Rich in Assets → Rich in Fame
The other day, there was a brayta which took a series of Aramaic expressions and related them to various Torah scholars.
Thus, in Bava Batra 145b:
תָּנוּ רַבָּנַן: עַתִּיר נִכְסִין עַתִּיר פּוּמְבֵּי – זֶה הוּא בַּעַל הַגָּדוֹת. עַתִּיר סְלָעִים עַתִּיר תְּקוֹעַ – זֶהוּ בַּעַל פִּלְפּוּל. עַתִּיר מְשַׁח עַתִּיר כְּמָס – זֶהוּ בַּעַל שְׁמוּעוֹת. הַכֹּל צְרִיכִין לְמָרֵי חִטַּיָּא – תַּלְמוּד.
§ The Sages taught in a baraita: There are different types of Torah scholars. There is a scholar who is wealthy in figurative property and wealthy in public renown; this is the master of homiletics.

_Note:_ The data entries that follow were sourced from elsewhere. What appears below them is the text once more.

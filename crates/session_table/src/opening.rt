// What a session is opened with.
ghost use Rattle.std.specs.Prelude.{◌≡◌};
ghost use Rattle.session_table.specs.Replies.{gap_waits_in};

use bosh_types::limits::{JOURNAL_BYTES, MOST_OPENINGS, MOST_SESSIONS};
use bosh_types::{Moment, SharedText, Stanzas, Text};
use session_attrs::Request;

const MOST_GAP_WAITS: u32 = 10;

/// How much may be kept where a session is opened.
#[derive(Clone, Copy, Debug, PartialEq, Eq)]
pub struct Limits {
    /// How many sessions may be live at once.
    pub live: u32,
    /// How many may be opened since the directory was made.
    pub openings: u32,
    /// How many counted bytes the journal of each may have.
    pub journal: u64,
    /// After how many times its `wait` a session answers a request beyond a gap by an error (XEP-0124, section 17.3): 1 to 10. What is
    /// less counts as 1, and what is more as 10.
    pub gap_waits: u32,
}

impl Limits {
    /// Those of a server that was told no others.
    pub const USUAL: Limits = Limits {
        live: MOST_SESSIONS,
        openings: MOST_OPENINGS,
        journal: JOURNAL_BYTES,
        gap_waits: 1,
    };

    // How many times it is, within 1 and 10.
    pub(crate) fn gap_waits_within(&self) -> u32
        ensures { result ≡ gap_waits_in self.now }
    {
        self.gap_waits.max(1).min(MOST_GAP_WAITS)
    }
}

/// A creation, which its body gives, for a host with a greeting; the part of the session's name that was drawn for it; and the limits
/// that it is opened within.
#[derive(Drop)]
pub struct Opening {
    pub name: Text,
    pub host: SharedText,
    pub greeting: Stanzas,
    pub request: Request,
    pub body: SharedText,
    pub at: Moment,
    pub limits: Limits,
}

There is a scholar who is wealthy in coins and wealthy in houses; this is the master of dialectics. There is one who is wealthy in oil and wealthy in hidden stores; this is the master of halakhic traditions. Everyone is dependent on the owner of wheat; this is the master of Talmud, who understands the reasons behind the rulings and traditions.
I noted yesterday that this for wheat discussing a master of “Talmud” is an overcorrection. While subsequent fixes from the censored Vilna text of “Gemara” should be restored to “Talmud”, this is the first instance and indeed should read “Gemara”, meaning a master of traditions, upon whom everyone is dependent. This as contrasted to the reasons and analysis, as in the English translation above. See my post about this.
The connection of this passage to the surrounding passage is free-association, to the word Pumbi from the preceding brayta: תָּנוּ רַבָּנַן: עָשָׂה עִמּוֹ בְּפוּמְבֵּי, וּבִקֵּשׁ לַעֲשׂוֹת עִמּוֹ בְּצִנְעָא – יָכוֹל לוֹמַר לוֹ: בְּפוּמְבֵּי אֶעֱשֶׂה עִמְּךָ, כְּדֶרֶךְ שֶׁעָשִׂיתָ עִמִּי.
I am not sure I like the translation given above, because it is an “and” rather than a “therefore”. I’ll explain in a moment why that’s my preference, but I would want to render it as:
עַתִּיר נִכְסִין עַתִּיר פּוּמְבֵּי : One who is rich in assets → will therefore be rich in fame
עַתִּיר מְשַׁח עַתִּיר כְּמָס: One who is wealthy in oil → will therefore be wealthy in houses (? whatever that means?)
הַכֹּל צְרִיכִין לְמָרֵי חִטַּיָּא: Yet all need the master of wheat
At the daf shuir the other day, someone asked me how this could be a brayta when it was in Aramaic. I answered that there are some Aramaic braytot — these are the really early ones, rather than the late ones. But, this wasn’t even really an Aramaic brayta. Yes, there is lots of Aramaic text, but it is then being interpreted by a Hebrew Tannaitic layer.
That suggests to me that there is some preexisting text — something like Wisdom literature, that was really old and contained aphorisms. And this brayta is giving a midrashic interpretation. That older text stands on its own, without saying that X = a baal aggada and Y = a baal Mishnah, and Z = a baal Tradition.
If so, this is akin to other canonized and non-canonized Jewish texts. For instance, the way Mishlei is pulled apart. Even though on a peshat level these aphorisms have meaning, we often hardly pay any attention to that surface level, and instead reinterpret it to mean something completely tangential, often Torah related. We do the same for Divrei Hayamim, sometimes even excluding from consideration the peshat level. I’ve written in the past that it was effectively only canonized for the midrashic content, what we can deduce from the weird phrasing. And for non-canonized texts such as Ben Sira, which we find a little later in our sugya on 146a.